Work order - Scan the records for the string "reply" and copy every line that holds it.
⁂
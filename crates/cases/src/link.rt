//! The link of a case.
use crate::came::push_exchange;
use m2m_io::{Link, LinkFault, MemLink};
use primitive_json::Request;
use service_observer::ItemObserver;
use std::alloc::Global;

/// The link of a case, which gives its answers in order, and keeps what it was asked.
#[derive(Drop)]
pub struct CaseLink {
    answers: MemLink,
    asked: Vec<u8>,
}

impl CaseLink {
    /// A link with these answers, which was asked nothing yet.
    pub fn new(alloc: Global, answers: MemLink) -> CaseLink {
        CaseLink {
            answers,
            asked: Vec::new(alloc),
        }
    }

    /// The exchanges so far, as `push_exchange` writes them.
    pub fn asked(&self) -> &[u8] {
        &self.asked
    }
}

impl Link for CaseLink {
    ghost use Rattle.std.specs.Prelude.{None};

    ghost exchanges = { λ _. None };

    ghost faults = { λ l. l.answers.calls.faults };

    fn exchange(
        &mut self,
        alloc: Global,
        host: &[u8],
        request: &[u8],
        reply: &mut Vec<u8>,
    ) -> Result<(), LinkFault> {
        push_exchange(alloc, &mut self.asked, host, request)?;
        self.answers.exchange(alloc, host, request, reply)
    }
}

impl ItemObserver for CaseLink {
    fn let_go(&self, _: &Request) {}
}
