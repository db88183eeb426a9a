//! Reading a file of cases.
use crate::came::push_exchange;
use crate::case::{Case, Cuts, Setting, Streams};
use crate::escapes::push_line;
use crate::fault::{Fault, Wrong};
use std::alloc::Global;
use std::str::FromStr;

/// What a block is.
#[derive(Clone, Copy)]
enum Goal {
    Text,
    Input,
    Output,
    Answer,
    Exchange,
}

/// A block that is read.
#[derive(Drop)]
struct Block {
    goal: Goal,
    /// The name of a text, or the host that was asked.
    name: String,
    times: usize,
    lines: usize,
    bytes: Vec<u8>,
}

/// A text of a file.
#[derive(Drop)]
struct NamedText {
    name: String,
    bytes: Vec<u8>,
}

/// What was read of a file.
#[derive(Drop)]
struct Reader {
    alloc: Global,
    /// What holds for cases that don't say otherwise.
    setting: Setting,
    texts: Vec<NamedText>,
    cases: Vec<Case>,
    block: Option<Block>,
}

/// Reads the cases of a file.
pub fn read(alloc: Global, text: &str) -> Result<Vec<Case>, Fault> {
    let mut reader = Reader {
        alloc,
        setting: Setting::new(),
        texts: Vec::new(alloc),
        cases: Vec::new(alloc),
        block: None,
    };
    reader.take_lines(text)?;
    Ok(reader.cases)
}

impl Reader {
    fn take_lines(&mut self, text: &str) -> Result<(), Fault> {
        let mut number = 0usize;
        for line in text.lines() {
            number = number.saturating_add(1);
            if let Err(wrong) = self.take_line(number, line) {
                return Err(wrong.at(number));
            }
        }
        match self.end() {
            Ok(()) => Ok(()),
            Err(wrong) => Err(wrong.at(number)),
        }
    }

    /// Ends the file.
    fn end(&mut self) -> Result<(), Wrong> {
        self.close_block()?;
        self.end_case()?;
        if self.cases.is_empty() {
            return Err(Wrong::Why("no case stands above"));
        }
        Ok(())
    }

    fn take_line(&mut self, number: usize, line: &str) -> Result<(), Wrong> {
        if let Some(text) = line.strip_prefix("|") {
            return self.take_text(text);
        }
        self.close_block()?;
        if line.is_empty() || line.starts_with("#") {
            return Ok(());
        }
        if let Some(title) = line.strip_prefix("== ") {
            return self.begin_case(title, number);
        }
        match line.split_once(" ") {
            Some((head, rest)) => self.take_head(head, rest),
            None => self.take_head(line, ""),
        }
    }

    /// Takes a line of a block, behind its bar.
    fn take_text(&mut self, text: &str) -> Result<(), Wrong> {
        let Some(block) = &mut self.block else {
            return Err(Wrong::Why("no block has begun"));
        };
        let line = match text.strip_prefix(" ") {
            Some(line) => line,
            None if text.is_empty() => "",
            None => return Err(Wrong::Why("no blank behind the bar")),
        };
        block.lines = block.lines.saturating_add(1);
        push_line(&mut block.bytes, line, b"\r\n")
    }

    fn begin_case(&mut self, title: &str, number: usize) -> Result<(), Wrong> {
        self.end_case()?;
        self.cases.push(Case::new(self.alloc, title, number)?)?;
        Ok(())
    }

    /// Takes a line of another kind, by its first word.
    fn take_head(&mut self, head: &str, rest: &str) -> Result<(), Wrong> {
        match head {
            "words" => self.take_words(rest),
            "clock" => self.take_clock(rest),
            "text" => self.begin_text(rest),
            "in" => self.begin_block(Goal::Input, rest),
            "out" => self.begin_block(Goal::Output, rest),
            "answer" => self.begin_block(Goal::Answer, rest),
            "asked" => self.begin_asked(rest),
            "prefixes" => self.take_prefixes(rest),
            _ => self.take_of_case(head, rest),
        }
    }

    fn take_words(&mut self, rest: &str) -> Result<(), Wrong> {
        let words = words_of(self.alloc, rest)?;
        put_once(&mut self.last_setting().words, words)
    }

    fn take_clock(&mut self, rest: &str) -> Result<(), Wrong> {
        let readings = numbers_of(self.alloc, rest)?;
        put_once(&mut self.last_setting().clock, readings)
    }

    /// The setting of the last case, or of the file where there is none yet.
    fn last_setting(&mut self) -> &mut Setting {
        match self.cases.last_mut() {
            Some(case) => &mut case.setting,
            None => &mut self.setting,
        }
    }

    fn last_case(&mut self) -> Result<&mut Case, Wrong> {
        match self.cases.last_mut() {
            Some(case) => Ok(case),
            None => Err(Wrong::Why("no case has begun, or no such line is known")),
        }
    }

    fn begin_text(&mut self, rest: &str) -> Result<(), Wrong> {
        if !self.cases.is_empty() {
            return Err(Wrong::Why("texts stand above the first case"));
        }
        if !is_text_name(rest) || self.text_named(rest).is_some() {
            return Err(Wrong::Why("no name, or one that another text has"));
        }
        let name = String::from_str(self.alloc, rest)?;
        self.block = Some(new_block(self.alloc, Goal::Text, name, 1));
        Ok(())
    }

    fn text_named(&self, name: &str) -> Option<&NamedText> {
        self.texts.iter().find(|text| text.name.as_str() == name)
    }

    fn begin_asked(&mut self, rest: &str) -> Result<(), Wrong> {
        let (host, rest) = match rest.split_once(" ") {
            Some((host, rest)) => (host, rest),
            None => (rest, ""),
        };
        if host.is_empty() {
            return Err(Wrong::Why("no host"));
        }
        let host = String::from_str(self.alloc, host)?;
        self.begin_named_block(Goal::Exchange, host, rest)
    }

    fn begin_block(&mut self, goal: Goal, rest: &str) -> Result<(), Wrong> {
        let name = String::new(self.alloc);
        self.begin_named_block(goal, name, rest)
    }

    /// Begins a block of a case: what stands behind its head is a number, a text, or both.
    fn begin_named_block(&mut self, goal: Goal, name: String, rest: &str) -> Result<(), Wrong> {
        self.last_case()?;
        let (times, text) = times_and_text(rest)?;
        if times == 0 {
            return Err(Wrong::Why("nothing stands 0 times"));
        }
        let mut block = new_block(self.alloc, goal, name, times);
        if text.is_empty() {
            self.block = Some(block);
            return Ok(());
        }
        self.push_text(&mut block.bytes, text)?;
        self.end_block(block)
    }

    /// Appends the text of this name.
    fn push_text(&self, to: &mut Vec<u8>, name: &str) -> Result<(), Wrong> {
        match self.text_named(name) {
            None => Err(Wrong::Why("no text has this name")),
            Some(text) => Ok(to.extend_from_slice(&text.bytes)?),
        }
    }

    /// Ends the block that is read, if any.
    fn close_block(&mut self) -> Result<(), Wrong> {
        match self.block.take() {
            None => Ok(()),
            Some(block) if block.lines == 0 => Err(Wrong::Why("the block above has no line")),
            Some(block) => self.end_block(block),
        }
    }

    fn end_block(&mut self, block: Block) -> Result<(), Wrong> {
        let Block {
            goal,
            name,
            times,
            bytes,
            ..
        } = block;
        if matches!(goal, Goal::Text) {
            self.texts.push(NamedText { name, bytes })?;
            return Ok(());
        }
        let alloc = self.alloc;
        let case = self.last_case()?;
        for _ in 0..times {
            add_block(alloc, case, goal, name.as_str(), &bytes)?;
        }
        Ok(())
    }

    fn take_prefixes(&mut self, name: &str) -> Result<(), Wrong> {
        let mut tail = Vec::new(self.alloc);
        self.push_text(&mut tail, name)?;
        let case = self.last_case()?;
        if !case.tail.is_empty() {
            return Err(Wrong::Why("a second line of this kind"));
        }
        case.tail = tail;
        Ok(())
    }

    /// Takes a line that only a case has.
    fn take_of_case(&mut self, head: &str, rest: &str) -> Result<(), Wrong> {
        let alloc = self.alloc;
        let case = self.last_case()?;
        match head {
            "cut" => take_cuts(alloc, case, rest),
            "fail" => take_fails(alloc, case, rest),
            "conn" => take_conn(alloc, case, rest),
            "err" => take_err(case, rest),
            "status" => put_once(&mut case.status, number_of(rest)?),
            "left" => put_once(&mut case.left, number_of(rest)?),
            "served" => put_once(&mut case.served, number_of(rest)?),
            _ => Err(Wrong::Why("no such line is known")),
        }
    }

    /// Ends the last case, if any: it takes what the file says for all.
    fn end_case(&mut self) -> Result<(), Wrong> {
        let Some(case) = self.cases.last_mut() else {
            return Ok(());
        };
        take_missing(self.alloc, &mut case.setting, &self.setting)?;
        if case.status.is_none() {
            case.status = Some(0);
        }
        if case.served.is_none() {
            case.served = Some(case.conn_count());
        }
        if case.forms() == 0 {
            return Err(Wrong::Why("the case above has no form to be played in"));
        }
        Ok(())
    }
}

/// Takes what a setting lacks from that of the file.
fn take_missing(alloc: Global, setting: &mut Setting, of_file: &Setting) -> Result<(), Wrong> {
    if setting.words.is_none()
        && let Some(words) = &of_file.words
    {
        setting.words = Some(copy_words(alloc, words)?);
    }
    if setting.clock.is_none()
        && let Some(clock) = &of_file.clock
    {
        setting.clock = Some(clock.clone()?);
    }
    Ok(())
}

fn new_block(alloc: Global, goal: Goal, name: String, times: usize) -> Block {
    Block {
        goal,
        name,
        times,
        lines: 0,
        bytes: Vec::new(alloc),
    }
}

/// Adds the bytes of a block to a case.
fn add_block(
    alloc: Global,
    case: &mut Case,
    goal: Goal,
    name: &str,
    bytes: &[u8],
) -> Result<(), Wrong> {
    match goal {
        Goal::Text => {}
        Goal::Input if bytes.is_empty() => {
            return Err(Wrong::Why("an empty block of the input"));
        }
        Goal::Input => {
            let streams = case.last_streams();
            streams.blocks.push(bytes.len())?;
            streams.input.extend_from_slice(bytes)?;
        }
        Goal::Output => case.last_streams().out.extend_from_slice(bytes)?,
        Goal::Answer => case.answers.push(Vec::from_slice(alloc, bytes)?)?,
        Goal::Exchange => push_exchange(alloc, &mut case.asked, name.as_bytes(), bytes)?,
    }
    Ok(())
}

fn put_once<T: Drop>(place: &mut Option<T>, value: T) -> Result<(), Wrong> {
    if place.is_some() {
        return Err(Wrong::Why("a second line of this kind"));
    }
    *place = Some(value);
    Ok(())
}

fn take_err(case: &mut Case, rest: &str) -> Result<(), Wrong> {
    if !case.err.is_empty() {
        return Err(Wrong::Why("a second line of this kind"));
    }
    push_line(&mut case.err, rest, b"\n")
}

fn take_conn(alloc: Global, case: &mut Case, rest: &str) -> Result<(), Wrong> {
    let mut streams = Streams::new(alloc);
    if !rest.is_empty() {
        streams.times = number_of(rest)?;
    }
    case.conns.push(streams)?;
    Ok(())
}

fn take_fails(alloc: Global, case: &mut Case, rest: &str) -> Result<(), Wrong> {
    let Some((object, rest)) = rest.split_once(" ") else {
        return Err(Wrong::Why("no object, or no number"));
    };
    let fails = numbers_of(alloc, rest)?;
    if fails.contains(&0) {
        return Err(Wrong::Why("calls are counted from 1"));
    }
    let Some(place) = fails_of(case, object) else {
        return Err(Wrong::Why("there is no such object"));
    };
    if !place.is_empty() {
        return Err(Wrong::Why("a second line of this kind"));
    }
    *place = fails;
    Ok(())
}

/// The calls of this object that are to fail.
fn fails_of<'c>(case: &'c mut Case, object: &str) -> Option<&'c mut Vec<u64>> {
    match object {
        "in" => Some(&mut case.last_streams().read_fails),
        "out" => Some(&mut case.last_streams().put_fails),
        "err" => Some(&mut case.err_fails),
        "link" => Some(&mut case.link_fails),
        "door" => Some(&mut case.door_fails),
        _ => None,
    }
}

fn take_cuts(alloc: Global, case: &mut Case, rest: &str) -> Result<(), Wrong> {
    let cuts = read_cuts(alloc, rest)?;
    let is_of_conn = !case.conns.is_empty();
    if is_of_conn && matches!(cuts, Cuts::Each | Cuts::Turns) {
        return Err(Wrong::Why("a connection of the door is not cut so"));
    }
    let streams = case.last_streams();
    if !matches!(&streams.cuts, Cuts::List(list) if list.is_empty()) {
        return Err(Wrong::Why("a second line of this kind"));
    }
    streams.cuts = cuts;
    Ok(())
}

fn read_cuts(alloc: Global, rest: &str) -> Result<Cuts, Wrong> {
    if rest == "each" {
        return Ok(Cuts::Each);
    }
    if rest == "turns" {
        return Ok(Cuts::Turns);
    }
    if let Some(count) = rest.strip_suffix("*") {
        return Ok(Cuts::Every(cut_size(count)?));
    }
    let mut cuts = Vec::new(alloc);
    for word in rest.split_whitespace() {
        cuts.push(cut_size(word)?)?;
    }
    if cuts.is_empty() {
        return Err(Wrong::Why("no number"));
    }
    Ok(Cuts::List(cuts))
}

/// How many bytes a read gives.
fn cut_size(word: &str) -> Result<usize, Wrong> {
    match number_of(word)? {
        0 => Err(Wrong::Why("a read gives something")),
        count => Ok(count),
    }
}

/// A number that a word is.
fn number_of<N: FromStr>(word: &str) -> Result<N, Wrong>
where
    N::Err: Drop,
{
    match word.parse::<N>() {
        Ok(number) => Ok(number),
        Err(_) => Err(Wrong::Why("no number of this kind")),
    }
}

/// Numbers between blanks, one at least.
fn numbers_of(alloc: Global, rest: &str) -> Result<Vec<u64>, Wrong> {
    let mut numbers = Vec::new(alloc);
    for word in rest.split_whitespace() {
        numbers.push(number_of(word)?)?;
    }
    if numbers.is_empty() {
        return Err(Wrong::Why("no number"));
    }
    Ok(numbers)
}

fn words_of(alloc: Global, rest: &str) -> Result<Vec<String>, Wrong> {
    let mut words = Vec::new(alloc);
    for word in rest.split_whitespace() {
        words.push(String::from_str(alloc, word)?)?;
    }
    Ok(words)
}

fn copy_words(alloc: Global, words: &[String]) -> Result<Vec<String>, Wrong> {
    let mut copy = Vec::new(alloc);
    for word in words {
        copy.push(word.clone()?)?;
    }
    Ok(copy)
}

/// Whether a word can name a text: it isn't empty, and doesn't begin with a digit.
fn is_text_name(word: &str) -> bool {
    !word.contains(" ")
        && word
            .bytes()
            .next()
            .is_some_and(|byte| !byte.is_ascii_digit())
}

/// What stands behind the head of a block: a number, the name of a text, or both. The number is
/// 1 and the name empty where it is missing.
fn times_and_text(rest: &str) -> Result<(usize, &str), Wrong> {
    if rest.is_empty() || is_text_name(rest) {
        return Ok((1, rest));
    }
    match rest.split_once(" ") {
        None => Ok((number_of(rest)?, "")),
        Some((times, name)) => Ok((number_of(times)?, name)),
    }
}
⁂
Answer box -
        reply: &mut Vec<u8>,
        self.answers.exchange(alloc, host, request, reply)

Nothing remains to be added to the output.